Who Owns the Rights to Fantasy League Games?

Many sports fans play fantasy baseball or football games.  Should the operators of on-line fantasy games, which generate millions of dollars in annual revenues, have to pay a licensing fee to Major League Baseball, the NFL, and/or their players for using game statistics and player names?  For example, does the unauthorized use of Brett Favre’s name and statistics in a for-profit NFL fantasy football game violate his right of publicity?

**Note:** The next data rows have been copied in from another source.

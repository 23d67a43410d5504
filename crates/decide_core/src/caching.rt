//! The cache in use: results are stored, so that a specification isn't searched twice. A lower bound of the cache
//! is proved; a chain of the cache is checked before it is used.
ghost use Rattle.std.specs.Prelude.{◌≡◌, ◌≤◌, true, false, length, IfSome, IfNone, IfOk};
ghost use Rattle.tt_core.specs.Words.{specification};
ghost use Rattle.op_basis.specs.Basis.{members};
ghost use Rattle.chain_theory.specs.Agreement.{IsOver, Agrees};
ghost use Rattle.spec_cache.specs.ProvedBounds.{spelled, chain_of, found_at};
ghost use Rattle.decide_core.specs.Decided.{Fewer, IsSized, IsShorter, IsUseless};

use crate::deciding::{SizeResult, search_from};
use crate::question::Question;
use cert_theory::Header;
use chain_core::{Chain, first_difference, first_outside};
use op_basis::Basis;
use sat_solve::Solver;
use spec_cache::{Found, SpecCache, SpecKey};
use std::alloc::{AllocError, Global};
use tt_core::Spec;

/// Whether a chain is over a basis.
#[tactic(auto, using(crate::specs::CacheLaws::caching))]
fn is_over(chain: &Chain, basis: Basis) -> bool
    ensures over { result ≡ true → IsOver (members basis) chain.now }
    ensures not_over { result ≡ false → IsOver (members basis) chain.now → ⊥ }
{
    first_outside(chain, basis).is_none()
}

/// Whether a chain implements a specification.
#[tactic(auto, using(crate::specs::CacheLaws::caching))]
fn agrees(chain: &Chain, spec: &Spec) -> bool
    requires inputs { chain.now.n ≡ spec.now.n }
    requires outputs { length chain.now.outs ≡ length spec.now.on }
    ensures agrees { result ≡ true → Agrees chain.now (specification spec.now) }
    ensures differs { result ≡ false → Agrees chain.now (specification spec.now) → ⊥ }
{
    first_difference(chain, spec).is_none()
}

/// Whether a chain answers the header: its inputs, outputs, number of steps and basis fit, and it implements the
/// tables.
#[tactic(auto, using(crate::specs::CacheLaws::caching))]
pub(crate) fn is_solution(chain: &Chain, header: &Header) -> bool
    ensures yes { result ≡ true → IsShorter header.now chain.now }
    ensures not { result ≡ false → IsShorter header.now chain.now → ⊥ }
{
    // for the prover: brings the invariant of the specification
    let _inputs = header.spec.n();
    if chain.n() != header.spec.n() {
        return false;
    }
    if chain.outs().len() as u32 != header.spec.outputs() {
        return false;
    }
    if chain.steps().len() as u32 > header.max {
        return false;
    }
    if !is_over(chain, header.basis) {
        return false;
    }
    agrees(chain, &header.spec)
}

pub(crate) fn copied(alloc: Global, chain: &Chain) -> Result<Chain, AllocError>
    ensures { IfOk result (λ copy. copy ≡ chain.now) }
{
    let steps = Vec::from_slice(alloc, chain.steps())?;
    let outs = Vec::from_slice(alloc, chain.outs())?;
    Ok(Chain::new(chain.n(), steps, outs))
}

/// The cached chain, if it answers the header.
pub(crate) fn cached(
    alloc: Global,
    cache: &SpecCache,
    key: &SpecKey,
    header: &Header,
) -> Result<Option<Chain>, AllocError>
    ensures some { IfOk result (λ found. IfSome found (λ chain. IsShorter header.now chain)) }
    ensures none { IfOk result (λ found. IfNone found (IsUseless header.now (chain_of (found_at cache.now key.now)))) }
{
    match cache.chain(key) {
        None => Ok(None),
        Some(chain) => {
            if !is_solution(chain, header) {
                return Ok(None);
            }
            Ok(Some(copied(alloc, chain)?))
        }
    }
}

/// The entry for a search that found no chain.
pub(crate) fn without_chain(fewest: u32, open: bool) -> Found
    ensures { result.fewest ≡ fewest }
{
    Found {
        fewest,
        chain: None,
        open,
    }
}

/// The entry for a chain that was found.
pub(crate) fn with_chain(fewest: u32, chain: Chain) -> Found
    ensures { result.fewest ≡ fewest }
{
    Found {
        fewest,
        chain: Some(chain),
        open: false,
    }
}

/// Searches, and stores the result.
#[tactic(auto, using(crate::specs::CacheLaws::caching))]
fn search_new<S: Solver>(
    alloc: Global,
    cache: &mut SpecCache,
    key: SpecKey,
    question: Question,
    from: u32,
) -> Result<SizeResult, AllocError>
    requires basis { cache.old.basis ≡ question.header.now.basis }
    requires key { key ≡ spelled question.header.now.spec }
    requires fewer { Fewer question.header.now from }
    requires from { from ≤ question.header.now.max }
    ensures sized { IfOk result (λ sized. IsSized question.entry.header.now sized) }
    ensures basis { cache.new.basis ≡ cache.old.basis }
{
    match search_from::<S>(alloc, question, from)? {
        SizeResult::Open { low } => {
            cache.note(key, without_chain(low, true))?;
            Ok(SizeResult::Open { low })
        }
        SizeResult::Nothing => {
            cache.note(key, without_chain(question.header.max + 1, false))?;
            Ok(SizeResult::Nothing)
        }
        SizeResult::Found { chain, low } => {
            let found = with_chain(low, copied(alloc, &chain)?);
            cache.note(key, found)?;
            Ok(SizeResult::Found { chain, low })
        }
    }
}

/// Decides by the cache. What that doesn't know is searched if `searches` holds; else it stays undecided.
#[tactic(auto, using(crate::specs::CacheLaws::caching))]
pub(crate) fn decide_sizes<S: Solver>(
    alloc: Global,
    cache: &mut SpecCache,
    question: Question,
    counted: u32,
    searches: bool,
) -> Result<SizeResult, AllocError>
    requires basis { cache.old.basis ≡ question.header.now.basis }
    requires fewer { Fewer question.header.now counted }
    ensures sized { IfOk result (λ sized. IsSized question.entry.header.now sized) }
    ensures basis { cache.new.basis ≡ cache.old.basis }
{
    let key = SpecKey::of(alloc, &question.header.spec)?;
    let known = cache.fewest(&key);
    let from = counted.max(known);
    if question.header.max < from {
        return Ok(SizeResult::Nothing);
    }
    if cache.is_open(&key) {
        return Ok(SizeResult::Open { low: from });
    }
    match cached(alloc, cache, &key, question.header)? {
        Some(chain) => Ok(SizeResult::Found { chain, low: 0 }),
        None => {
            if !searches {
                return Ok(SizeResult::Open { low: from });
            }
            search_new::<S>(alloc, cache, key, question, from)
        }
    }
}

In my recently published article, A Triple Play For The Public Domain: From Delaware Lottery to Motorola to C.B.C., 11 Chapman L. Rev. 569 (2008), I argue: 

The creation of a collateral product incorporating merely public domain information about a sports event or athletes’ performances, including fantasy league games, is not (and should not be) infringing — absent copyright or patent infringement in violation of federal law, or a likelihood of consumer confusion regarding its origin, endorsement, or sponsorship in violation of the Lanham Act.

. . .

In [C.B.C. v. Distribution and Marketing, Inc. v. Major League Baseball Advanced Media, L.P., 505 F.3d 818 (8th Cir. 2007)] the Eighth Circuit correctly concluded that MLBAM did not have the legal right to prevent the names of baseball players and their playing statistics from being used in connection with unauthorized fantasy baseball products [on First Amendment grounds]. However, by holding that this conduct violated the players’ publicity rights, it failed to recognize that public domain baseball statistics in the form of a fantasy league game — not player identities or personas — is the collateral product offered to the public.

. . .

Merely incidental or descriptive use of players’ names to identify collateral products is permissible unless it creates a likelihood of consumer confusion regarding endorsement or sponsorship.

. . .

[T]he commercial benefit that C.B.C. derives from its fantasy baseball league is irrelevant when public domain facts (i.e., baseball statistics), which may be freely used by the public, are the essence of its game. Extending the right of publicity to require C.B.C. to pay a licensing fee would create an exclusive property right that precludes, or severely limits, the commercial use of public domain information, reduces the availability of collateral products, and/or increases the costs to consumers.  Such a broad state-created “right of publicity on steroids” is legally and economically unjustified. 

What do you think?

This Post Has 2 Comments

  1. J. Gordon Hylton

    I agree with Prof. Mitten. I have long believed that the earlier cases involving table top sports games which suggested that a property right could be claimed in player names coupled with their statistics were among the worst intellectual property decisions of all time.

  2. Trish Holder

    Interesting article. I’m wondering if the same would hold true for actors and actresses names being used in the same way as professional athletes in a similar type game.